Perhaps raising one from a tiny baby would make a difference, but I kind of doubt it.

Terry


----------



## Victor (Dec 18, 2004)

One more point to add Big Bird, I don't think you will really find a partridge in a pear tree.If you do, as Terry added, the partridge would be so stressed  and let's not forget the poor pear tree, or what would be left of it?

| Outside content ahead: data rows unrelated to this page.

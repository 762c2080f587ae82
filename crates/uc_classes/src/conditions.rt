// How many conditions a class has, with the names of its members in a table.

ghost use Rattle.std.specs.Prelude.{◌≡◌, ℕ, List, IfOk, is_some, map};
ghost use Rattle.std.specs.List.{list_any};
ghost use Rattle.uc_tree.specs.Capped.{capped};
ghost use Rattle.uc_tree.specs.Cells.{member_form_named, seen_in};
ghost use Rattle.uc_tree.specs.Constants.{constants_of, elements};
ghost use Rattle.uc_tree.specs.Numbering.{condition_count, conditions_of, elements_of};
ghost use Rattle.uc_types.specs.Lengths.{lengths_by};

use std::alloc::{AllocError, Global};
use uc_layout::held::elements_of;
use uc_layout::known::names_of_members;
use uc_numbering::conditions::conditions_in;
use uc_tree::class::Class;
use uc_tree::declare::Declarator;
use uc_types::listing::Lengths;
use uc_types::tables::Tables;

// A class whose conditions are counted, with its lengths.
#[derive(Clone, Copy)]
struct ConditionCount<'a> {
    tables: &'a Tables<'a>,
    class: &'a Class,
    lengths: Lengths<'a>,
    ghost lengths_are: { lengths_by lengths ≡ seen_in (constants_of tables.now.items) class.now },
}

fn count_of(counted: &ConditionCount, declarator: &Declarator) -> u32
    ensures { result ≡ elements
        (seen_in (constants_of counted.now.tables.now.items) counted.now.class.now) declarator.now }
{
    elements_of(&counted.lengths, declarator)
}

fn sum_of(counted: &ConditionCount, conditions: &[&Declarator]) -> u64
    ensures { result ≡ capped
        (elements_of (seen_in (constants_of counted.now.tables.now.items) counted.now.class.now)
        (map (λ d. d.now) conditions.now)) }
{
    let mut count: u64 = 0;
    for declarator in conditions {
        count = count.saturating_add(u64::from(count_of(counted, declarator)));
    }
    count
}

fn count_among<'x>(
    alloc: Global,
    tables: &'x Tables<'x>,
    class: &'x Class,
    conditions: &[&Declarator],
) -> Result<u64, AllocError>
    ensures { IfOk result (λ count. count
        ≡ capped (elements_of (seen_in (constants_of tables.now.items) class.now)
        (map (λ d. d.now) conditions.now))) }
{
    if conditions.is_empty() {
        return Ok(0);
    }
    let names = names_of_members(alloc, &class.members)?;
    let lengths = Lengths {
        sizes: tables.sizes(),
        members: &names,
    };
    let counted = ConditionCount {
        tables,
        class,
        lengths,
    };
    let count = sum_of(&counted, conditions);
    drop(names);
    Ok(count)
}

/// How many conditions the class with this place has, an array counted by its length; none where it has itself in its fields.
/// The greatest number stands for all that are greater.
pub fn count_conditions<'x>(
    alloc: Global,
    tables: &'x Tables<'x>,
    place: usize,
    class: &'x Class,
) -> Result<u64, AllocError>
    ensures { IfOk result (λ count. count ≡ capped (condition_count tables.now place class.now)) }
{
    if tables.sizes().has_itself(place) {
        return Ok(0);
    }
    let conditions = conditions_in(alloc, &class.members)?;
    count_among(alloc, tables, class, &conditions)
}
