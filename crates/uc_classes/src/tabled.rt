// The names of a program in tables.

ghost use Rattle.std.specs.Prelude.{◌≡◌, IfOk, map};
ghost use Rattle.uc_tree.specs.Cells.{classes_of};
ghost use Rattle.uc_types.specs.Members.{numbered_in};

use std::alloc::{AllocError, Global};
use uc_layout::lists::classes_in;
use uc_numbering::members::members_of;
use uc_tree::class::Class;
use uc_tree::name::Name;
use uc_tree::program::Program;
use uc_types::tables::Tables;

// The names of the mutex members of each of these classes, as far as they have numbers.
fn numbered_in_each<'a>(
    alloc: Global,
    classes: &[&'a Class],
) -> Result<Vec<Vec<&'a Name>>, AllocError>
    ensures { IfOk result (λ v. map (λ ns. map (λ n. n.now) ns.items) v.items
        ≡ map numbered_in (map (λ c. c.now) classes.now)) }
{
    let mut all = Vec::new(alloc);
    for class in classes {
        let class: &'a Class = class;
        all.push(members_of(alloc, class)?)?;
    }
    Ok(all)
}

fn numbered_in_classes<'a>(
    alloc: Global,
    program: &'a Program,
) -> Result<Vec<Vec<&'a Name>>, AllocError>
    ensures { IfOk result (λ v. map (λ ns. map (λ n. n.now) ns.items) v.items
        ≡ map numbered_in (classes_of program.now.items)) }
{
    let classes = classes_in(alloc, &program.items)?;
    numbered_in_each(alloc, &classes)
}

/// The names of a program.
pub fn tables_of<'a>(alloc: Global, program: &'a Program) -> Result<Tables<'a>, AllocError>
    ensures { IfOk result (λ t. t ≡ program.now) }
{
    let numbered = numbered_in_classes(alloc, program)?;
    Tables::new(alloc, program, numbered)
}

The 12 days of Christmas was written in England as one of the "catechism songs" to help inspire young catholics to learn the basics of their faith.To learn more about it, here is a link if you choose to visit it: 

http://www.cvc.org/christmas/12days.htm 

Enjoy the holiday music.It might make you want to decorate your lofts!


----------



## winged (Apr 4, 2005)

If i ever wonder somthing about a bird(what it looks like, wild?, etc.) I just go to google.com and type in the name and the results should answer you question http://images.google.com/images?svnum=100&hl=en&lr=&safe=off&q=partridge ha! see...


----------



## Pigeonpal2002 (Jul 27, 2002)

winged said:


> If i ever wonder somthing about a bird(what it looks like, wild?, etc.) I just go to google.com and type in the name and the results should answer you question http://images.google.com/images?svnum=100&hl=en&lr=&safe=off&q=partridge ha! see...



True Winged, 

However, you need to familiarize yourself with the different species and nuances about them in order to give detailed answers and insight in order to deliver the answers speedily Are you an aviculturist yourself?


----------



## bigbird (Aug 19, 2000)

Thanks for the information and your thoughts on the Partridge.
Think I will stick with pigeons.
Carl


----------



## Pigeon-girl1988 (Mar 20, 2005)

*Partridge in a pear tree?*

http://feathersite.com/Poultry/NDG/Partr/BRKChukar.html < Chukar partridge
http://feathersite.com/Poultry/NDG/Partr/BRKGreyPart.html < grey partridge
http://feathersite.com/Poultry/NDG/Partr/BRKRedLeg.html < red legged partridge


----------



## Victor (Dec 18, 2004)

Thank you for sharing the links.They are beautiful birds.But then again,there is beauty in all birds.


----------